### What to work on
Word for word, repeat every entry that appears below.

### Dataset records

--------------------------------------------------

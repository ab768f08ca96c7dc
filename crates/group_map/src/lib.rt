//! The consumer of queries that group: it keeps one value a key, and spills as many of the last keys as it can order.
#![tactic(auto)]

mod group_key;
mod groups;
mod map;

pub use map::GroupMap;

--------------------------------------------------

### Output
repository ab768f08ca96c7dc
filename crates/group_map/src/lib.rt
//! The consumer of queries that group: it keeps one value a key, and spills as many of the last keys as it can order.
#![tactic(auto)]

mod group_key;
mod groups;
mod map;

pub use map::GroupMap;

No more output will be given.